Was great to get back in the podcasting saddle this week. I find some of my favourite episodes are the ones where I get to geek out about paid advertising.

This week, I chatted with Tara Zirker, CEO of Successful Ads Club.

I met Tara at Traffic & Conversion Summit where she spoke about high ROI strategies for Facebook and Instagram.

I felt a bit bad after because I got excited and dropped an F bomb in the proximity of her children… I fear I polluted their little ears.

🪐 Brand Gravity Collective

Back in the summer when progress was slow, I felt called to bring a group of local entrepreneurs together.

I noticed I was sucking at:

  • Prospecting
  • Building a sales machine
  • Repeating successful actions (e.g. I’d do something hard, win, and then stop lol)

I figured I wasn’t alone.

So I thought we’d create a kind of ‘gym’ where we exercise being exceptional at revenue growing activities.

(And generate gravitational pull to our brands)

Sometimes we meet at Dorian’s house, sometimes we meet online, sometimes both.

As a ‘how it started,’ I thought I’d share a couple crappy Zoom shots from our latest meet.

Here’s Curtis showing how he’s applying Peter Thiel’s minimum viable product cycle to his media company about remote work:

Here we are perplexed by technical difficulties:

It’s a way for each entrepreneur to share what they’re learning, get feedback, and (eventually) be held accountable.

(The accountability part is hard — it’s a free group atm.)

I believe there’s zero downside to bringing people in your industry together to mastermind, solve problems, and get feedback.

👌🏽 Why it’s OK to be suboptimal + the infinite game

I recently had a conversation with Rob Fitzpatrick (author of The Mom Test, Write Useful Books, and The Workshop Survival Guide) around my prospecting woes above.

Rob wrote about our conversation:

“I was chatting yesterday with a founder who knew that phone sales worked for his business.

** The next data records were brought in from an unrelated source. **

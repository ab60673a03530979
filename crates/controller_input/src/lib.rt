// What a reply is to the controller (document 01, "The controller's step"). The reply is read once, also where
// it carries a service, and of a service only what a download has a use for. Its class is looked up once.
#![tactic(auto)]

ghost use Rattle.std.specs.Prelude.{◌≡◌, Ok};
ghost use Rattle.function_code.specs.Code.{class_of};
ghost use Rattle.fdl.specs.Reading.{read_of};
ghost use Rattle.fdl.specs.declared.reading.Reading.TheVariants.{Telegram};
ghost use Rattle.protocol.specs.Controller.{got_from, got_in};
ghost use Rattle.controller_input.specs.Meaning.{got_by, exchanged};

mod origin;
mod replies;

use fdl::{Classed, Format, Header};
use function_code::Class;
use origin::is_printers;
use protocol::Settings;
use replies::routed;

// A reply that framing accepts.
#[derive(Clone, Copy)]
pub enum Reply {
    // SC.
    Confirmation,
    // The printer's diagnosis.
    Diagnosis,
    // The printer's 5F.
    Positive { slot: u8, index: u8, length: u8 },
    // The printer's DF.
    Negative { code1: u8, code2: u8 },
    // Any other.
    Other,
}

// What a telegram with this header says, whose function code is of this class and whose user data are the len bytes from
// start: only the printer's own is more than another reply.
fn heard(
    settings: Settings,
    class: Class,
    reply: &[u8],
    format: Format,
    header: Header,
    start: usize,
    len: usize,
) -> Reply
    requires { (class ≡ class_of header.fc) × (Ok (Telegram format header start len) ≡ read_of reply.now) }
    ensures { got_by result ≡ got_from settings reply.now (Ok (Telegram format header start len)) }
{
    if !is_printers(settings, format, header) {
        return Reply::Other;
    }
    routed(class, header, octets::part(reply, start, len))
}

// What the bytes that came back are to a controller with these settings.
pub fn take(settings: Settings, reply: &[u8]) -> Option<Reply>
    ensures { exchanged result ≡ got_in settings reply.now }
{
    match fdl_reader::read_classed(reply) {
        Ok(Classed::Confirmation) => Some(Reply::Confirmation),
        Ok(Classed::Token { .. }) => Some(Reply::Other),
        Ok(
            Classed::Telegram {
                format,
                header,
                start,
                len,
                class,
            },
        ) => Some(heard(settings, class, reply, format, header, start, len)),
        Err(_) => None,
    }
}
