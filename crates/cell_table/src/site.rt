//! The site, and how it is searched.
ghost use Rattle.std.specs.Prelude.{◌≡◌, ◌≢◌, ◌↔◌, ℕ, IsTrue, Some, None, Ok, Err, true, IfOk, IfErr, length, option_map, slice_get};
ghost use Rattle.std.specs.Result.{is_ok};
ghost use Rattle.std.specs.List.{position};
ghost use Rattle.toml.specs.View.{view};
ghost use Rattle.channel_fsm.specs.Masks.{has};
ghost use Rattle.channel_fsm.specs.declared.ChanId.{ChanId};
ghost use Rattle.cell_table.specs.Site.{IsSite, IsWithinLimits, TrafficLiesWithin, trx_at, identity_at, slots_with, is_traffic, IsCellOf, channels, index_of};
ghost use Rattle.cell_table.specs.Searches.{has_codes, first_cell};
ghost use Rattle.cell_table.specs.SiteFile.{site_of, read_site, IsBlankFile};
ghost use Rattle.cell_table.specs.Kept.{kept_site};
ghost use Rattle.std.proofs.Common.{rules};
ghost use Rattle.std.specs.Cmp.Rules.{comparing};
ghost use Rattle.cell_table.specs.Same.{same_site};
ghost use Rattle.cell_table.specs.Neighbours.{IsNamedCell};

mod naming;

use crate::checks::broken_rule;
use crate::fault::{Key, SiteFault};
use crate::limits::FIRST_OUTSIDE;
use crate::neighbours::neighbour_named;
use crate::places::{cell_sizes, channel_of_cells, channels_before, mask_of};
use crate::reading::{cells_of, handover_at, outside_of};
use crate::tables::{Cell, CellIdentity, Tables, Trx};
use channel_fsm::{ChanId, Sub};
use std::alloc::{AllocError, Allocator, Global};
use std::marker::Model;
use toml::Value;

/// The cells of a controller, each with its TRX, and the cells of others that mobiles may be handed over to.
///
/// Own cells are numbered from 0 in the order of the site file, outside cells from 64, TRX of a cell from 0. A site has
/// 1 to 64 own cells and at most 64 outside cells, a cell 1 to 4 TRX, and a timeslot is a number from 0 to 7
/// (TS 45.002 clause 4.3.2). Timeslot 0 of the first TRX carries the cell's broadcast channels (TS 45.002 clause 7) and
/// never traffic. Every own cell has a traffic channel.
#[derive(Debug, Drop)]
pub struct Site<A: Allocator = Global> {
    tables: Box<Tables, A>,
}

impl<A: Allocator> Model for Site<A> {
    ghost use Rattle.cell_table.specs.Site.{SiteView, IsSite};

    ghost Value = { SiteView };

    ghost view = { λ a. a.tables.value };

    ghost invariant = { λ a. IsSite a.tables.value };
}

/// Two sites are equal where every key says the same in both, entry by entry: all that a contract sees of a site.
/// Where their memory lies doesn't count. Takes no memory.
impl<A: Allocator> PartialEq for Site<A> {
    ghost eq = { same_site };

    ghost laws = { Prim.search (comparing, rules) depth 15 };

    fn eq(&self, other: &Site<A>) -> bool
        ensures value { result ≡ same_site self.now other.now }
        ensures same { IsTrue result ↔ (self.now ≡ other.now) }
    {
        *self.tables == *other.tables
    }
}

impl<A: Allocator> Eq for Site<A> {
    ghost laws = { Prim.search (comparing, rules) depth 15 };
}
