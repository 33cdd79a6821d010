use romaji_rules::{Kana, OutRef};
use skk_text::{Memory, Text};
use std::marker::Model;

/// The text that a key of the plain state inserts, where it stands in the rules: an output in one kana, and a
/// character behind it or none. Contracts see it as a text.
#[derive(Drop)]
pub struct Insertion<'r> {
    pub(crate) out: OutRef<'r>,
    pub(crate) kana: Kana,
    pub(crate) behind: Option<char>,
}

impl<'r> Model for Insertion<'r> {
    ghost use Rattle.std.specs.Prelude.{ℕ, List, ◌++◌};
    ghost use Rattle.std.specs.Option.{option_to_list};
    ghost use Rattle.romaji_rules.specs.Pieces.{out_in};

    ghost Value = { List ℕ };

    ghost view = { λ i. out_in i.kana i.out ++ option_to_list i.behind };
}

impl Insertion<'_> {
    ghost use Rattle.std.specs.Prelude.{◌≡◌, ◌++◌, nat_le, OnOk};
    ghost use Rattle.skk_text.specs.Text.{byte_len};

    /// Adds the text to the end of another. Takes time in its length. After `Memory` a part of it may stand there.
    pub fn push_to(&self, text: &mut Text) -> Result<(), Memory>
        ensures { OnOk result (text.new ≡ text.old ++ self.now) }
    {
        self.out.push_to(text, self.kana)?;
        match self.behind {
            Some(c) => text.push(c),
            None => Ok(()),
        }
    }

    /// Whether the text fits into a room in bytes.
    pub fn fits_in(&self, room: usize) -> bool
        ensures { result ≡ nat_le (byte_len self.now) room }
    {
        let Some(left) = self.out.room_behind(self.kana, room) else {
            return false;
        };
        match self.behind {
            Some(c) => c.len_utf8() <= left,
            None => true,
        }
    }
}
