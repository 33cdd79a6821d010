//! The plain state of a session: what a key does where no reading is open.
//!
//! It stands on the romaji rules. `press_plain` reads a key by the mode: in the two kana modes by the rules, and in
//! the two ASCII modes as itself. It says exactly which text is inserted, what is pending behind it, and what the key
//! does to the frame beside that; the frame itself it does not touch.
#![tactic(auto)]

mod insertion;
mod plain;

pub use insertion::Insertion;
pub use plain::{Plain, PlainDo, PlainThen, press_plain};
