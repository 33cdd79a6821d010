ghost use Rattle.std.specs.Prelude.{◌≡◌, ◌≤◌, ◌&&◌, nat_le, ℕ, true, false, [], None, IfOk, IfSome, OnOk};
ghost use Rattle.skk_calls.specs.Rows.{RowKey as row_key};
ghost use Rattle.skk_calls.specs.States.{State, empty_state, count_of, row_at, shared_books, is_valid};
ghost use Rattle.learned_store.specs.declared.row_place.RowPlace.{RowPlace as place_value};
ghost use Rattle.learned_store.specs.Gathering.{AreKeyed, AreOf, Gathers, HasRows, IsAdded, IsAnnotated, IsRestamped};
ghost use Rattle.learned_store.specs.Gathering.{ListMap};
ghost use Rattle.learned_store.specs.Gathering.{IsTold, are_apart, count_behind, count_in, counts_on, list_among};
ghost use Rattle.learned_store.specs.Gathering.{list_behind};
ghost use Rattle.learned_store.specs.Gathering.{placed_entries, row_among, row_placed, takes_on};
ghost use Rattle.learned_store.specs.Reading.{put_with};
ghost use Rattle.learned_store.specs.declared.form.PayloadForm.{PayloadForm};
ghost use Rattle.learned_store.specs.Payloads.{CountsOn, Says, SaysNothing, counted_by, first_version, is_sound};
ghost use Rattle.learned_store.specs.Payloads.{may_follow, state_told, takes_note};

use crate::form::PayloadForm;
use crate::payload::{put_fields, read_form, read_key};
use crate::placed_row::PlacedRow;
use crate::row_place::RowPlace;
use crate::stamped_row::StampedRow;
use learn_index::Index;
use skk_calls::{BookList, Cand};
use skk_text::{Copies, Memory};
use std::alloc::Global;
use std::collections::{BTreeMap, HashMap};

// What records leave: the count of each book, the last list of each typist, and each row with its place, in no order.
// So a row is put or taken out at once, where a book of an index moves what stands behind it.
#[derive(Drop)]
pub(crate) struct Gathered {
    counts: BTreeMap<u16, u64>,
    lists: BTreeMap<u16, BookList>,
    rows: HashMap<RowPlace, StampedRow>,
}
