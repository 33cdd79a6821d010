ghost use Rattle.std.specs.Prelude.{◌≡◌, ◌<◌};
ghost use Rattle.kana_input.specs.Plain.{no_insertion, insertion, kana_in, char_in_mode, plain_step};

use crate::insertion::Insertion;
use romaji_rules::{Kana, OutRef, Pending, Rules};
use skk_text::{Key, Mode, to_wide};

/// What a key of the plain state does to the frame besides the text that it inserts.
#[derive(Clone, Copy, Debug, PartialEq, Eq)]
pub enum PlainThen {
    /// Nothing.
    Stay,
    /// The text loses its last character.
    DeleteLast,
    /// A newline is inserted, or a registration ends.
    Newline,
    /// A reading opens, and reads this letter.
    OpenReading(Option<u8>),
    /// A reading of abbreviations opens.
    OpenAbbrev,
    /// A registration is cancelled.
    Cancel,
    /// The last confirmation is to be taken back.
    AskUndo,
}

/// What a key of the plain state does to its frame: first the text is inserted, then the rest is done.
#[derive(Drop)]
pub struct PlainDo<'r> {
    pub insert: Insertion<'r>,
    pub then: PlainThen,
}

/// The plain state of a frame: its mode, and the letters that wait for more.
#[derive(Drop)]
pub struct Plain {
    pub mode: Mode,
    pub pending: Pending,
}

/// Reads a key in the plain state. Takes no memory: what is inserted stands in the rules until it is pushed.
pub fn press_plain<'r>(plain: &mut Plain, rules: &'r Rules, key: Key) -> PlainDo<'r>
    ensures { plain_step rules.now plain.old key ≡ record { plain = plain.new; done = result } }
{
    match plain.mode {
        Mode::Hira | Mode::Kata => plain.press_kana(rules, key),
        Mode::Ascii | Mode::Wide => plain.press_ascii(rules, key),
    }
}

impl Plain {
    ghost use Rattle.std.specs.Prelude.{◌≡◌, ℕ, List, ◌∷◌, [], None, Some, false};
    ghost use Rattle.std.specs.Option.{option_to_list};
    ghost use Rattle.kana_input.specs.Plain.{new_plain, kana_step, kana_char_step, ascii_step, flush_step, feed_step};
    ghost use Rattle.romaji_rules.specs.Typed.{extends_pending};

    /// Hiragana mode, with nothing pending. Takes no memory.
    pub fn new() -> Plain
        ensures { result ≡ new_plain }
    {
        Plain {
            mode: Mode::Hira,
            pending: Pending::new(),
        }
    }

    // Reads a key in a kana mode.
    fn press_kana<'r>(&mut self, rules: &'r Rules, key: Key) -> PlainDo<'r>
        ensures { kana_step rules.now self.old key ≡ record { plain = self.new; done = result } }
    {
        match key {
            Key::Char(c) => self.press_kana_char(rules, c),
            Key::Cj => self.flush(rules, self.mode, None, PlainThen::Stay),
            Key::Cg => {
                if self.pending.is_empty() {
                    return no_insertion(PlainThen::Cancel);
                }
                self.pending = Pending::new();
                no_insertion(PlainThen::Stay)
            }
            Key::Bs => {
                if self.pending.is_empty() {
                    return no_insertion(PlainThen::DeleteLast);
                }
                self.pending.delete_last();
                no_insertion(PlainThen::Stay)
            }
            Key::Ret => self.flush(rules, self.mode, None, PlainThen::Newline),
            Key::Tab => no_insertion(PlainThen::Stay),
            Key::Undo => no_insertion(PlainThen::AskUndo),
        }
    }

    // Reads a character in a kana mode. A character that goes on with what is pending does nothing else.
    fn press_kana_char<'r>(&mut self, rules: &'r Rules, c: u8) -> PlainDo<'r>
        ensures { kana_char_step rules.now self.old c ≡ record { plain = self.new; done = result } }
    {
        match rules.extend(&mut self.pending, c) {
            Some(out) => insertion(self.mode, out),
            None => self.press_anew(rules, c),
        }
    }

    // Reads a character in a kana mode that does not go on with what is pending.
    fn press_anew<'r>(&mut self, rules: &'r Rules, c: u8) -> PlainDo<'r>
        requires { extends_pending rules.now self.old.pending c ≡ false }
        ensures { kana_char_step rules.now self.old c ≡ record { plain = self.new; done = result } }
    {
        let mode = self.mode;
        match c {
            b' ' => self.flush(rules, mode, Some(' '), PlainThen::Stay),
            b'q' => self.flush(rules, mode.other_kana(), None, PlainThen::Stay),
            b'l' => self.flush(rules, Mode::Ascii, None, PlainThen::Stay),
            b'L' => self.flush(rules, Mode::Wide, None, PlainThen::Stay),
            b'Q' => self.flush(rules, mode, None, PlainThen::OpenReading(None)),
            b'/' => self.flush(rules, mode, None, PlainThen::OpenAbbrev),
            b'A'..=b'Z' => {
                let letter = c.to_ascii_lowercase();
                self.flush(rules, mode, None, PlainThen::OpenReading(Some(letter)))
            }
            _ => insertion(mode, rules.feed_anew(&mut self.pending, c)),
        }
    }

    // Gives out what is pending, with a character behind it or none, and goes to a mode.
    fn flush<'r>(
        &mut self,
        rules: &'r Rules,
        mode: Mode,
        behind: Option<char>,
        then: PlainThen,
    ) -> PlainDo<'r>
        ensures { flush_step rules.now self.old mode (option_to_list behind) (then)
            ≡ record { plain = self.new; done = result } }
    {
        let insert = Insertion {
            out: rules.flush(&mut self.pending),
            kana: kana_in(self.mode),
            behind,
        };
        self.mode = mode;
        PlainDo { insert, then }
    }

    // Reads a key in one of the two ASCII modes.
    fn press_ascii<'r>(&mut self, rules: &'r Rules, key: Key) -> PlainDo<'r>
        ensures { ascii_step rules.now self.old key ≡ record { plain = self.new; done = result } }
    {
        match key {
            Key::Char(c) => PlainDo {
                insert: Insertion {
                    out: OutRef::nothing(),
                    kana: Kana::Hiragana,
                    behind: Some(char_in_mode(self.mode, c)),
                },
                then: PlainThen::Stay,
            },
            Key::Cj => {
                self.mode = Mode::Hira;
                no_insertion(PlainThen::Stay)
            }
            Key::Bs => no_insertion(PlainThen::DeleteLast),
            Key::Ret => self.flush(rules, self.mode, None, PlainThen::Newline),
            Key::Cg | Key::Tab => no_insertion(PlainThen::Stay),
            Key::Undo => no_insertion(PlainThen::AskUndo),
        }
    }
}

// An output is inserted.
fn insertion(mode: Mode, out: OutRef<'_>) -> PlainDo<'_>
    ensures { result ≡ insertion mode out.entry }
{
    PlainDo {
        insert: Insertion {
            out,
            kana: kana_in(mode),
            behind: None,
        },
        then: PlainThen::Stay,
    }
}

// Nothing is inserted.
fn no_insertion<'r>(then: PlainThen) -> PlainDo<'r>
    ensures { result ≡ no_insertion (then) }
{
    PlainDo {
        insert: Insertion {
            out: OutRef::nothing(),
            kana: Kana::Hiragana,
            behind: None,
        },
        then,
    }
}

// The kana of an output in katakana mode, and in every other.
fn kana_in(mode: Mode) -> Kana
    ensures { result ≡ kana_in mode }
{
    match mode {
        Mode::Kata => Kana::Katakana,
        Mode::Hira | Mode::Ascii | Mode::Wide => Kana::Hiragana,
    }
}

// A character in the form that a mode inserts without the rules.
fn char_in_mode(mode: Mode, c: u8) -> char
    ensures { result ≡ char_in_mode mode c }
{
    match mode {
        Mode::Wide => to_wide(c),
        Mode::Hira | Mode::Kata | Mode::Ascii => c as char,
    }
}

But he also hated them, and forcing himself through it was ripping the joy from his day and undermining his excitement for the whole enterprise.

He was asking how to get through it. But that’s not the right question, because it’s sitting atop the implicit belief that just because phone sales are optimal, he must do them.

This isn’t true. We’re allowed to be suboptimal.

The founder loved teaching. His eyes lit up at the idea of filling a pipeline with educational events instead of cold calls. But he felt like he couldn’t, or shouldn’t, because it would be slower. Maybe running educational events won’t be as “optimal” as cranking out the cold calls. But he’s building this business for himself, not for anybody else. So why build it into something that he hates? Yes, it still needs to be profitable enough and big enough to fit his needs and ambitions. But it doesn’t need to be maximally big, nor maximally profitable.”

This was a paradigm shift that made me feel lighter right away.

I can do it my way. And so can you. The best answers are within.

Question: What activities do you love doing that could serve your community, and fill your business with opportunities?

🧠 A related thought on the ‘Infinite Game’

Here’s Simon Sinek on game theory’s concept of finite and infinite games in business:

“There is no such thing as winning business—it doesn’t exist. We can have wins inside a business like you can have battles, but there’s no such thing as “winning” business. The problem is too many business owners, too many leaders don’t know the game they’re playing. They talk about being number one, being the best, beating their competition. Based upon what agreed-upon metrics? Based upon what agreed upon timeframes? There’s no such thing.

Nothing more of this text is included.